The irony of trying to protect myself is that I have felt just as alone as when I was in an abusive relationship. I could not lead a normal life because I could not trust that every single interaction would respect and maintain my privacy. I have lived in fear and suffered for too long though, and talking about it has been crucial in my ability to heal, to grow, and to ultimately thrive. I have advocated for myself and others– sought self-help through therapy, held former employers accountable through the Office of Human Rights and Federal courts, and navigated local civil litigation to protect myself and my business ventures. But this is the first time I’m confident in publicly speaking out against my abuser and taking back my power as a way to help raise awareness. In a time when Roe vs. Wade has been overturned and my bodily autonomy is being further scrutinized, I want to be an example to my niece of how to navigate a world that is not set up for her.

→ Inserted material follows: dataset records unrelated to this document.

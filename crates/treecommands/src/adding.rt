// Checks on where a new node goes.
ghost use Rattle.std.specs.Prelude.{◌≡◌, ◌<◌};
ghost use Rattle.model.specs.Layout.{count_in};
ghost use Rattle.treecommands.specs.Ready.{Ready};
ghost use Rattle.treecommands.specs.Adding.{bad_at, full_at};

use crate::place::is_synth;
use layout::MOST_NODES;
use tree::{Action, Position};

// A node goes to the head or the tail of a group, and beside or over another node than the root.
pub fn bad_target(action: Action, at: usize, words: &[u32]) -> bool
    requires { Ready words.now × (at < count_in words.now) }
    ensures { result ≡ bad_at action words.now at }
{
    match action {
        Action::Put(Position::Head | Position::Tail) => is_synth(words, at),
        Action::Put(Position::Before | Position::After) | Action::Replace => at == 0,
    }
}

// "256 nodes live (never for action 4)"
pub fn is_full(action: Action, count: usize) -> bool
    ensures { result ≡ full_at action count }
{
    matches!(action, Action::Put(_)) && MOST_NODES <= count
}
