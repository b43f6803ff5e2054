// Commands that free nodes, and the run flag.
ghost use Rattle.model.specs.Answers.{done_or};
ghost use Rattle.model.specs.declared.TreeCommand.{TreeCommand};
ghost use Rattle.treecommands.specs.Ready.{Ready};
ghost use Rattle.treecommands.specs.Steps.{Steps};
ghost use Rattle.treecommands.specs.Emptying.{GroupFound};

use crate::finish::{renew, renew_in_place, renew_sifted, renew_without};
use crate::place::is_synth;
use layout::{COUNT, NODES, NODES_END, RECORD};
use names::node_place;
use refusals::Refusal;
use reindex::{Edit, kept_places};
use tree::subtree_end;
use values::NodeArgument;
use words::wide;

// /n_run
pub fn run_node(node: NodeArgument, flag: u32, words: &mut [u32]) -> Result<(), Refusal>
    requires { Ready words.old }
    ensures { Steps (TreeCommand.Run node flag) words.old (done_or result) words.new }
{
    if 1 < flag {
        return Err(Refusal::BadFlag);
    }
    let at = node_place(words, node)?;
    let count = wide(words[COUNT]);
    tree::set_run(&mut words[NODES..NODES_END], count, at, flag);
    renew_in_place(words, count);
    Ok(())
}

// /n_free
pub fn free_node(node: NodeArgument, words: &mut [u32]) -> Result<(), Refusal>
    requires { Ready words.old }
    ensures { Steps (TreeCommand.Free node) words.old (done_or result) words.new }
{
    let at = node_place(words, node)?;
    if at == 0 {
        return Err(Refusal::WrongKind);
    }
    let count = wide(words[COUNT]);
    let gone = words[NODES + RECORD * at];
    let left = tree::cut(&mut words[NODES..NODES_END], count, at);
    let end = at + (count - left);
    if end == at + 1 {
        renew_without(words, Edit::Cut(at, end), left, gone);
    } else {
        renew(words, Edit::Cut(at, end), left);
    }
    Ok(())
}

// The place of the group that an argument means.
fn group_at(words: &[u32], group: NodeArgument) -> Result<usize, Refusal>
    requires { Ready words.now }
    ensures { GroupFound group words.now result }
{
    let at = node_place(words, group)?;
    if is_synth(words, at) {
        return Err(Refusal::WrongKind);
    }
    Ok(at)
}

// /g_freeAll
pub fn free_all(group: NodeArgument, words: &mut [u32]) -> Result<(), Refusal>
    requires { Ready words.old }
    ensures { Steps (TreeCommand.FreeAll group) words.old (done_or result) words.new }
{
    let at = group_at(words, group)?;
    let count = wide(words[COUNT]);
    let left = tree::cut_below(&mut words[NODES..NODES_END], count, at);
    let first = at + 1;
    let end = first + (count - left);
    renew(words, Edit::Cut(first, end), left);
    Ok(())
}

// /g_deepFree
pub fn deep_free(group: NodeArgument, words: &mut [u32]) -> Result<(), Refusal>
    requires { Ready words.old }
    ensures { Steps (TreeCommand.DeepFree group) words.old (done_or result) words.new }
{
    let at = group_at(words, group)?;
    let count = wide(words[COUNT]);
    let end = subtree_end(&words[NODES..NODES_END], count, at);
    let places = kept_places(&words[NODES..NODES_END], count, at + 1, end);
    let left = tree::deep_free(&mut words[NODES..NODES_END], count, at);
    renew_sifted(words, &places, left);
    Ok(())
}
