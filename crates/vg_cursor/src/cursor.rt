//! The cursor of each scanout: an image, whether it is shown, and where (VIRTIO 1.2, 5.7.6.10).

ghost use Rattle.std.specs.Prelude.{◌≡◌, ◌<◌, IfOk, length, replicate};
ghost use Rattle.vg_cursor.specs.Cursor.{IsWhole, changed, cursor_of, hidden_at, placed_at, shown_as, unset};
ghost use Rattle.vg_cursor.specs.Look.{cursor_like};

use crate::look::Look;
use std::alloc::{AllocError, Global};
use std::marker::Model;
use vg_list::Seq;
use vg_places::zeros;

/// How many bytes an image has: 64 rows of 64 pixels, four bytes each.
const IMAGE_BYTES: usize = 16_384;

/// The cursor of a scanout: whether it is shown; its image, 64 rows of 64 pixels with their bytes B, G, R and A;
/// its position in pixels, which is where its hot spot stands on the screen; and the hot spot in the image.
#[derive(Debug, Drop)]
pub struct Cursor {
    pub visible: bool,
    pub image: Seq<u8>,
    pub x: i32,
    pub y: i32,
    pub hot_x: u32,
    pub hot_y: u32,
}

/// The cursors by their scanouts.
#[derive(Debug, Drop)]
pub struct Cursors {
    cursors: Vec<Cursor>,
}

impl Model for Cursors {
    ghost use Rattle.std.specs.Prelude.{List};
    ghost use Rattle.std.specs.List.{All};
    ghost use Rattle.vg_cursor.specs.declared.cursor.Cursor.{Cursor};
    ghost use Rattle.vg_cursor.specs.Cursor.{IsWhole};

    ghost Value = { List Cursor };

    ghost view = { λ c. c.cursors.items };

    ghost invariant = { λ c. All IsWhole c.cursors.items };
}

impl Cursors {
    /// The cursors of this many scanouts: not shown, with an image of zeros, at 0, 0. Takes all memory that they
    /// ever need.
    pub fn new(alloc: Global, count: u32) -> Result<Cursors, AllocError>
        ensures { IfOk result (λ cursors. cursors ≡ replicate count unset) }
    {
        let mut cursors = Vec::new(alloc);
        for _cursor in 0..count {
            cursors.push(unset(alloc, IMAGE_BYTES)?)?;
        }
        Ok(Cursors { cursors })
    }

    /// Shows this image with this hot spot at this position (UPDATE_CURSOR with a resource).
    pub fn update(&mut self, scanout: u32, image: &[u8], x: i32, y: i32, hot_x: u32, hot_y: u32)
        requires scanout { scanout < length self.old }
        requires image { length image.now ≡ 16384 }
        requires hot_x { hot_x < 64 }
        requires hot_y { hot_y < 64 }
        ensures { self.new ≡ changed (shown_as image.now x y hot_x hot_y) scanout self.old }
    {
        show(
            &mut self.cursors[scanout as usize],
            image,
            x,
            y,
            hot_x,
            hot_y,
        );
    }

    /// Hides the cursor, at this position (UPDATE_CURSOR with no resource).
    pub fn hide(&mut self, scanout: u32, x: i32, y: i32)
        requires scanout { scanout < length self.old }
        ensures { self.new ≡ changed (hidden_at x y) scanout self.old }
    {
        let cursor = &mut self.cursors[scanout as usize];
        cursor.visible = false;
        cursor.x = x;
        cursor.y = y;
    }

    /// Changes the position alone, also of a hidden cursor (MOVE_CURSOR).
    pub fn place(&mut self, scanout: u32, x: i32, y: i32)
        requires scanout { scanout < length self.old }
        ensures { self.new ≡ changed (placed_at x y) scanout self.old }
    {
        let placed = &mut self.cursors[scanout as usize];
        placed.x = x;
        placed.y = y;
    }

    /// Whether the cursor is shown.
    pub fn visible(&self, scanout: u32) -> bool
        requires scanout { scanout < length self.now }
        ensures { result ≡ (cursor_of self.now scanout).visible }
    {
        self.cursors[scanout as usize].visible
    }

    /// How the cursor looks.
    pub fn look(&self, scanout: u32) -> Look<'_>
        requires scanout { scanout < length self.now }
        ensures look { cursor_like result ≡ cursor_of self.now scanout }
        ensures whole { IsWhole (cursor_like result) }
    {
        look_of(&self.cursors[scanout as usize])
    }
}

fn look_of(cursor: &Cursor) -> Look<'_>
    ensures { cursor_like result ≡ cursor.now }
{
    Look {
        visible: cursor.visible,
        image: cursor.image.as_slice(),
        x: cursor.x,
        y: cursor.y,
        hot_x: cursor.hot_x,
        hot_y: cursor.hot_y,
    }
}

/// A cursor that was never set.
fn unset(alloc: Global, size: usize) -> Result<Cursor, AllocError>
    requires { size ≡ 16384 }
    ensures { IfOk result (λ cursor. cursor ≡ unset) }
{
    let image = Seq::from_vec(zeros(alloc, size)?);
    Ok(Cursor {
        visible: false,
        image,
        x: 0,
        y: 0,
        hot_x: 0,
        hot_y: 0,
    })
}

fn show(cursor: &mut Cursor, image: &[u8], x: i32, y: i32, hot_x: u32, hot_y: u32)
    requires { length cursor.old.image ≡ length image.now }
    ensures { cursor.new ≡ shown_as image.now x y hot_x hot_y cursor.old }
{
    cursor.image.as_mut_slice().copy_from_slice(image);
    cursor.visible = true;
    cursor.x = x;
    cursor.y = y;
    cursor.hot_x = hot_x;
    cursor.hot_y = hot_y;
}
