//! How a cursor looks, or is to look.

ghost use Rattle.std.specs.Prelude.{◌≡◌, ◌*◌, ℕ, List, length, IfNone, IfSome};
ghost use Rattle.vg_cursor.specs.Blended.{blended};
ghost use Rattle.vg_cursor.specs.Cursor.{IsWhole};
ghost use Rattle.vg_cursor.specs.Look.{CoversRows, cursor_like, lowered};

use crate::span::span_of;

/// How a cursor looks: the parts of a [`Cursor`](crate::Cursor), with the image where it stands. So a screen can be seen with a
/// cursor before that is changed.
#[derive(Clone, Copy)]
pub struct Look<'a> {
    pub visible: bool,
    pub image: &'a [u8],
    pub x: i32,
    pub y: i32,
    pub hot_x: u32,
    pub hot_y: u32,
}

/// The rows of a screen that a cursor lies over: the first of them, how many there are, and how the cursor looks over a screen of
/// these rows alone.
#[derive(Clone, Copy)]
pub struct Rows<'a> {
    pub first: u32,
    pub count: u32,
    pub look: Look<'a>,
}

impl<'a> Look<'a> {
    /// The rows of a screen of this height, in pixels, that a cursor lies over that looks so. None where it lies over none, or isn't
    /// shown.
    pub fn rows(&self, height: u32) -> Option<Rows<'a>>
        requires whole { IsWhole (cursor_like self.now) }
        ensures none { IfNone result ((width : ℕ) (old : List ℕ) → length old ≡ 4 * width * height → blended (cursor_like self.now) width old ≡ old) }
        ensures covers { IfSome result (λ rows. CoversRows (cursor_like self.now) height rows.first rows.count) }
        ensures look { IfSome result (λ rows. cursor_like rows.look ≡ lowered rows.first (cursor_like self.now)) }
        ensures whole { IfSome result (λ rows. IsWhole (cursor_like rows.look)) }
    {
        let down = span_of(self.y, self.hot_y, height);
        if !self.visible || down.count == 0 {
            return None;
        }
        let y = self.hot_y as i32 - down.from as i32;
        Some(Rows {
            first: down.first,
            count: down.count,
            look: Look { y, ..*self },
        })
    }
}
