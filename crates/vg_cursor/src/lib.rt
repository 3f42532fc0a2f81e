//! The cursors of the scanouts (VIRTIO 1.2, 5.7.6.10), and how they are blended into a screen.
#![tactic(auto)]

mod blend;
mod cursor;
mod laws;
mod look;
mod span;

pub use cursor::{Cursor, Cursors};
pub use laws::cover_each_pixel;
pub use look::{Look, Rows};
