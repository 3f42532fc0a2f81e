//! What holds of a screen with a cursor, pixel by pixel: the contract of a function that does nothing.

ghost use Rattle.std.specs.Prelude.{◌≡◌, ◌<◌, ℕ, ◌+◌, ◌*◌, true, false, pos, ◌+ℤ◌, ◌-ℤ◌, List, Some, length, slice_get, slice_index};
ghost use Rattle.vg_cursor.specs.declared.cursor.Cursor.{Cursor};
ghost use Rattle.vg_cursor.specs.Blended.{blended, over};

/// A law, and no work. Where the cursor is shown, pixel (i, j) of its image lies over pixel
/// (x - hot_x + i, y - hot_y + j) of the screen, where that one exists: each of its four bytes is that of the image
/// over the screen's. Each other pixel is as before, and so are all where the cursor is hidden.
pub fn cover_each_pixel()
    ensures covered { (cursor : Cursor) (width height : ℕ) (old : List ℕ) (i j x y c : ℕ)
        → cursor.visible ≡ true → length old ≡ 4 * width * height → x < width → y < height → i < 64 → j < 64 → c < 4
        → pos x ≡ cursor.x -ℤ pos cursor.hot_x +ℤ pos i → pos y ≡ cursor.y -ℤ pos cursor.hot_y +ℤ pos j
        → slice_get (blended cursor width old) (4 * (width * y + x) + c)
        ≡ Some (over cursor.image i j c (slice_index old (4 * (width * y + x) + c))) }
    ensures apart { (cursor : Cursor) (width height : ℕ) (old : List ℕ) (x y c : ℕ)
        → length old ≡ 4 * width * height → x < width → y < height → c < 4
        → ((i j : ℕ) → i < 64 → j < 64 → pos x ≡ cursor.x -ℤ pos cursor.hot_x +ℤ pos i → pos y ≡ cursor.y -ℤ pos cursor.hot_y +ℤ pos j → ⊥)
        → slice_get (blended cursor width old) (4 * (width * y + x) + c) ≡ slice_get old (4 * (width * y + x) + c) }
    ensures hidden { (cursor : Cursor) (width : ℕ) (old : List ℕ) → cursor.visible ≡ false → blended cursor width old ≡ old }
{}
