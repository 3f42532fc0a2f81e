//! A cursor over the pixels of a screen: the part that is on the screen, row by row and pixel by pixel.

ghost use Rattle.std.specs.Prelude.{◌≡◌, ◌+◌, ◌*◌, ◌%◌, ◌≤◌, length};
ghost use Rattle.vg_cursor.specs.Blended.{blended, mixed};
ghost use Rattle.vg_cursor.specs.Cursor.{IsWhole};
ghost use Rattle.vg_cursor.specs.Look.{cursor_like};
ghost use Rattle.vg_cursor.specs.RowsWithin.{row_over, rows_over};

use crate::look::Look;
use crate::span::span_of;
use vg_places::Area;

/// How many bytes a row of an image has.
const IMAGE_ROW: usize = 256;

impl<'a> Look<'a> {
    /// Blends a cursor that looks so into the pixels of a screen of this size in pixels, row by row, four bytes each, as
    /// B, G, R and A. What the cursor doesn't cover stays, and all of it where the cursor isn't shown.
    pub fn blend(&self, width: u32, height: u32, pixels: &mut [u8])
        requires whole { IsWhole (cursor_like self.now) }
        requires length { length pixels.old ≡ 4 * width * height }
        ensures { pixels.new ≡ blended (cursor_like self.now) width pixels.old }
    {
        if !self.visible {
            return;
        }
        let across = span_of(self.x, self.hot_x, width);
        let down = span_of(self.y, self.hot_y, height);
        let area = Area {
            row: down.first as usize,
            column: 4 * across.first as usize,
            width: 4 * across.count as usize,
            height: down.count as usize,
        };
        let from = IMAGE_ROW * down.from as usize + 4 * across.from as usize;
        blend_rows(pixels, 4 * width as usize, &area, self.image, from);
    }
}

/// Blends rows of an image into a rectangle of a screen, both in bytes. The first row of pixels begins at `from`.
fn blend_rows(screen: &mut [u8], row_length: usize, area: &Area, image: &[u8], from: usize)
    requires whole { area.now.width % 4 ≡ 0 }
    requires columns { area.now.column + area.now.width ≤ row_length }
    requires rows { (area.now.row + area.now.height) * row_length ≤ length screen.old }
    requires image { length image.now ≡ 16384 }
    requires source { from + area.now.width + 256 * area.now.height ≤ 16640 }
    ensures { screen.new ≡ rows_over area.now row_length image.now from screen.old }
{
    let width = area.width;
    let mut to = area.row * row_length + area.column;
    for i in 0..area.height {
        let start = from + IMAGE_ROW * i;
        blend_row(&mut screen[to..to + width], &image[start..start + width]);
        to += row_length;
    }
}

/// Blends a row of an image's pixels into as many pixels of a screen.
fn blend_row(screen: &mut [u8], image: &[u8])
    requires length { length screen.old ≡ length image.now }
    requires whole { length image.now % 4 ≡ 0 }
    ensures { screen.new ≡ row_over image.now screen.old }
{
    for i in 0..image.len() / 4 {
        let at = 4 * i;
        let a = image[at + 3];
        let pixel = [
            mixed(image[at], a, screen[at]),
            mixed(image[at + 1], a, screen[at + 1]),
            mixed(image[at + 2], a, screen[at + 2]),
            255,
        ];
        screen[at..at + 4].copy_from_slice(&pixel);
    }
}

/// A colour byte of an image over one of a screen, where the image's pixel has this A.
fn mixed(source: u8, a: u8, screen: u8) -> u8
    ensures { result ≡ mixed source a screen }
{
    let sum = u32::from(source) * u32::from(a) + u32::from(screen) * u32::from(255 - a) + 127;
    (sum / 255) as u8
}
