//! What an image and a screen have in common along one axis.

ghost use Rattle.std.specs.Prelude.{◌≡◌, ◌<◌};
ghost use Rattle.vg_cursor.specs.SpanWithin.{IsSpan, sides};

/// How many places of a screen an image covers, which of them is the first, and the image's place over that one.
#[derive(Clone, Copy, Debug)]
pub(crate) struct Span {
    pub(crate) first: u32,
    pub(crate) from: u32,
    pub(crate) count: u32,
}

/// The span of an image of 64 places whose hot spot stands at this position of an axis with `size` places.
pub(crate) fn span_of(position: i32, hot: u32, size: u32) -> Span
    requires { hot < 64 }
    ensures { IsSpan position hot size result }
{
    let (right, left) = sides(position);
    let left = left + hot;
    let first = right.saturating_sub(left).min(size);
    let from = left.saturating_sub(right).min(64);
    Span {
        first,
        from,
        count: (64 - from).min(size - first),
    }
}

/// How far a position lies to the right of 0, and how far to the left.
fn sides(position: i32) -> (u32, u32)
    ensures { result ≡ sides position }
{
    if position < 0 {
        (0, position.unsigned_abs())
    } else {
        (position as u32, 0)
    }
}
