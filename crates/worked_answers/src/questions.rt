// The problems that tests ask about, and what they assert.
ghost use Rattle.std.specs.Prelude.{◌≡◌};
ghost use Rattle.problem.specs.Problem.{IsFit};

use hold_queue::Hold;
use kick_file::parse;
use moves::DropMode;
use pc_settings::{FieldSettings, FieldWords};
use problem::Problem;
use queue_pattern::Pattern;
use srs::{Piece, Rules};
use std::process::Abort;
use well::Well;

/// The rows, the height and the pattern of a problem, and whether it may hold.
pub type Question<'a> = (&'a [u8], u8, &'a str, Hold);

/// How a problem is played: whether it may hold, the piece that is held at the start, if any, the drop mode, and the
/// text of the table of offsets.
pub type Way<'a> = (Hold, Option<Piece>, DropMode, &'a str);

/// The problem of a question, with nothing held at the start, soft drops and the usual offsets.
pub fn problem(rt: &impl Abort, question: &Question) -> Problem
    ensures { IsFit result }
{
    let (rows, height, pattern, hold) = *question;
    problem_by(rt, rows, height, pattern, &(hold, None, DropMode::Soft, ""))
}

/// The problem of these rows, this height and this pattern that is played in this way.
pub fn problem_by(rt: &impl Abort, rows: &[u8], height: u8, pattern: &str, way: &Way) -> Problem
    ensures { IsFit result }
{
    let (hold, held, drop_mode, kicks) = *way;
    let well = Well::from_rows(rows).expect(rt, "a rows text");
    let pattern = Pattern::parse(pattern).expect(rt, "a pattern");
    let rules = parse(kicks).expect(rt, "a table of offsets");
    Problem::new(well, height, pattern, hold, held, drop_mode, rules).expect(rt, "a fit problem")
}

/// One row that an `I` clears, and the queues of this pattern, with hold.
pub fn one_row(patterns: &str) -> FieldSettings<'_>
    ensures page { result.page ≡ 1 }
    ensures height { result.height ≡ 1 }
{
    FieldSettings {
        field: FieldWords::Rows("XXXXXX____"),
        page: 1,
        height: 1,
        patterns,
        hold: Hold::Allowed,
        held: None,
        drop_mode: DropMode::Soft,
        rules: Rules::srs(),
    }
}

/// Asserts that something is so.
pub fn is_so(rt: &impl Abort, so: bool, what: &str) {
    assert!(rt; so, "{what}");
}
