// Each call once, on fields whose answers are known.
use crate::questions::{Question, is_so, problem};
use calling::{
    KeyedPlacement, RewriteFault, as_v115, count_places, count_solutions, first_failed, first_move,
    first_move_of, least_solution, may_come_second, places_uncounted,
};
use fumen_digits::FumenFault;
use hold_queue::Hold;
use moves::{DropMode, Key};
use pc_outside::Refused;
use problem::ProblemFault;
use queue_pattern::{Pattern, Queue};
use srs::{Piece, Placement, Rotation, Rules};
use std::alloc::{AllocError, Global};
use well::Well;

/// The field that a T, an O and an I clear.
const OPENER_ROWS: &[u8] = b"XXXX____XX/XXXX___XXX/XXXX__XXXX/XXXX___XXX";

const OPENER: &Question = &(OPENER_ROWS, 4, "TOI", Hold::Allowed);

/// A row that no square clears.
const NO_ANSWER: &Question = &(b"XXXXXX____", 1, "O", Hold::Allowed);

const TWO_OF_ALL: &Question = &(b"XXXXXX____", 1, "*p2", Hold::Allowed);

/// Each queue begins with the piece that clears the row.
const NONE_FAILED: &Question = &(b"XXXXXX____", 1, "I*", Hold::Allowed);

const TURNED_T: Placement = Placement {
    piece: Piece::T,
    rotation: Rotation::Right,
    x: 4,
    y: 1,
};

const LEAST: &[Placement] = &[
    TURNED_T,
    Placement {
        piece: Piece::I,
        rotation: Rotation::Spawn,
        x: 5,
        y: 2,
    },
    Placement {
        piece: Piece::O,
        rotation: Rotation::Spawn,
        x: 5,
        y: 0,
    },
];

const SQUARE_IN_THE_CORNER: Placement = Placement {
    piece: Piece::O,
    rotation: Rotation::Spawn,
    x: 0,
    y: 0,
};

#[test]
fn places_in_an_empty_well_and_under_a_blocked_spawn(rt: HostRuntime) {
    let (well, rules) = (Well::empty(), Rules::srs());
    let soft = count_places(&well, &rules, Piece::T, DropMode::Soft);
    is_so(&rt, soft == 34, "places of a T");
    let hard = count_places(&well, &rules, Piece::I, DropMode::Hard);
    is_so(&rt, hard == 17, "places of an I that drops hard");
    let under = count_places(&well.with(4, 20), &rules, Piece::T, DropMode::Soft);
    is_so(&rt, under == 0, "places under a blocked spawn");
    let held = places_uncounted(&well, &rules, Piece::O, DropMode::Soft);
    let first = held.next_after(None) == Some(SQUARE_IN_THE_CORNER);
    is_so(&rt, first, "the first place of an O");
}

/// Pieces, and whether they may come second in the queue `TIO` with hold and without.
const SECOND_PIECES: &[(Piece, bool, bool)] = &[
    (Piece::I, true, true),
    (Piece::O, true, false),
    (Piece::T, true, false),
    (Piece::S, false, false),
];

#[test]
fn second_pieces_of_a_queue(rt: HostRuntime) {
    let pattern = Pattern::parse("TIO").expect(&rt, "a pattern");
    for (piece, with_hold, without) in SECOND_PIECES {
        let held = may_come_second(&pattern, Hold::Allowed, None, *piece);
        let avoided = may_come_second(&pattern, Hold::Avoided, None, *piece);
        is_so(
            &rt,
            held == *with_hold && avoided == *without,
            "a second piece",
        );
    }
}

#[test]
fn solutions_of_an_opener(rt: HostRuntime) {
    let opener = problem(&rt, OPENER);
    let least = least_solution(rt.alloc(), opener);
    let is_least = matches!(&least, Ok(Some(found)) if found.as_slice() == LEAST);
    is_so(&rt, is_least, "the least solution");
    let all = count_solutions(rt.alloc(), opener, 10);
    is_so(&rt, all == Ok(2), "two solutions");
    let limited = count_solutions(rt.alloc(), opener, 1);
    is_so(&rt, limited == Ok(1), "a limit of one solution");
    let none = least_solution(rt.alloc(), problem(&rt, NO_ANSWER));
    is_so(&rt, matches!(&none, Ok(None)), "no solution");
}

#[test]
fn the_first_failed_queue(rt: HostRuntime) {
    let two = problem(&rt, TWO_OF_ALL);
    let failed = first_failed(rt.alloc(), &two);
    let first =
        matches!(&failed, Ok(Some(queue)) if queue.as_slice() == [Piece::L, Piece::O].as_slice());
    is_so(&rt, first, "the first queue");
    let all = problem(&rt, NONE_FAILED);
    let none = first_failed(rt.alloc(), &all);
    is_so(&rt, matches!(&none, Ok(None)), "no failed queue");
}

/// Whether the text is not written again for this fault.
fn is_refused(alloc: Global, text: &[u8], fault: RewriteFault) -> bool {
    match as_v115(alloc, text) {
        Err(Refused::Fault(found)) => found == fault,
        _ => false,
    }
}

const BAD_ACTION: RewriteFault = RewriteFault::Unreadable(FumenFault::BadAction { place: 3 });

#[test]
fn fumen_texts_written_again(rt: HostRuntime) {
    let again = as_v115(rt.alloc(), b"v110@7eAVeI");
    let is_written = matches!(&again, Ok(text) if text.as_slice() == b"v115@vhAVQJ".as_slice());
    is_so(&rt, is_written, "an older text");
    let refused = is_refused(rt.alloc(), b"v110@7eAAA3", BAD_ACTION);
    is_so(&rt, refused, "a bad action");
}

/// A comment of 1,400 exclamation marks. Each of them is three characters once it is escaped.
fn long_comment(alloc: Global) -> Result<Vec<u8>, AllocError> {
    let mut text = b"v115@vhAAgW4V".to_vec(alloc)?;
    for _ in 0..350 {
        text.extend_from_slice(b"hRaDA")?;
    }
    Ok(text)
}

#[test]
fn a_comment_that_grows_too_long(rt: HostRuntime) {
    let text = long_comment(rt.alloc()).expect(&rt, "memory");
    let fault = RewriteFault::CommentTooLong { page: 1 };
    let refused = is_refused(rt.alloc(), &text, fault);
    is_so(&rt, refused, "a long comment");
}

/// Whether a move was found, and is the T that is turned once.
fn is_turned_t<F>(found: &Result<Option<KeyedPlacement>, F>) -> bool {
    match found {
        Ok(Some(first)) => {
            first.placement == TURNED_T && first.keys.as_slice() == [Key::Clockwise].as_slice()
        }
        _ => false,
    }
}

#[test]
fn first_moves(rt: HostRuntime) {
    let found = first_move(rt.alloc(), problem(&rt, OPENER));
    is_so(&rt, is_turned_t(&found), "a first move");
    let none = first_move(rt.alloc(), problem(&rt, NO_ANSWER));
    is_so(&rt, matches!(&none, Ok(None)), "no move");
}

#[test]
fn first_moves_of_one_queue(rt: HostRuntime) {
    let well = Well::from_rows(OPENER_ROWS).expect(&rt, "a rows text");
    let pieces = [Piece::T, Piece::O, Piece::I];
    let queue = Queue::try_from(pieces.as_slice()).expect(&rt, "a queue");
    let found = first_move_of(rt.alloc(), well, 4, &queue);
    is_so(&rt, is_turned_t(&found), "a first move");
    let high = first_move_of(rt.alloc(), well, 9, &queue);
    let is_refused = matches!(
        &high,
        Err(Refused::Fault(ProblemFault::BadHeight { height: 9 }))
    );
    is_so(&rt, is_refused, "a height");
}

I want to give a big thank you to the following organizations that have helped me and fellow survivors through some of the most challenging and scary times:
DC Office of Human Rights: https://ohr.dc.gov/
National Women’s Law Center: https://nwlc.org/ Baltimore Office of Equity and Human Rights: https://civilrights.baltimorecity.gov/ Maryland Network Against Domestic Violence: https://www.mnadv.org/ Women Rising: https://www.womenrising.org/ Womanspace: https://womanspace.org/ NJ Services: https://www.domesticshelters.org/help/nj NJ Legal Support and information: https://www.womenslaw.org/ Chicago's Center on Halsted: https://www.centeronhalsted.org/
As a survivor, it’s been hard to reconcile that I am safe now. But I realize that the one personal protection I did not take was opening myself up to a community, to stop hiding. I have learned from others that I can file an LLC in Delaware anonymously, I can mail-in my ballot, I can install cameras, share my story with neighbors, take self-defense classes and carry a personal alarm. I have power in my voice. In working with Nikki M.G. The Power Expert over the past year and a half to build her consulting firm, I have started to see the true value in community, and that the power we hold as individuals only becomes stronger when we come together.

How can you help?
You may not have the words to tell your own story yet, or someone you know may not be ready but you see them and can identify. During my travels in more recent years, I have encountered a shocking number of men who are subjected to domestic violence but it doesn’t register as anything besides “witchiness”. There are also silent victims that tug at my heartstrings– pets. Shout out to Praline’s Backyard Foundation, who has inspired my future endeavors of fostering pets while their parent survivor escapes and rebuilds.
Check your local and online communities, county and state resources for domestic violence support groups and advocates near you. I know now that there are allies in all walks of life, even if you just need someone to be by your side as you self-advocate in court to face your abuser. Our human rights hang in the balance, so make a plan to vote and share it with others! Power Up, Power People!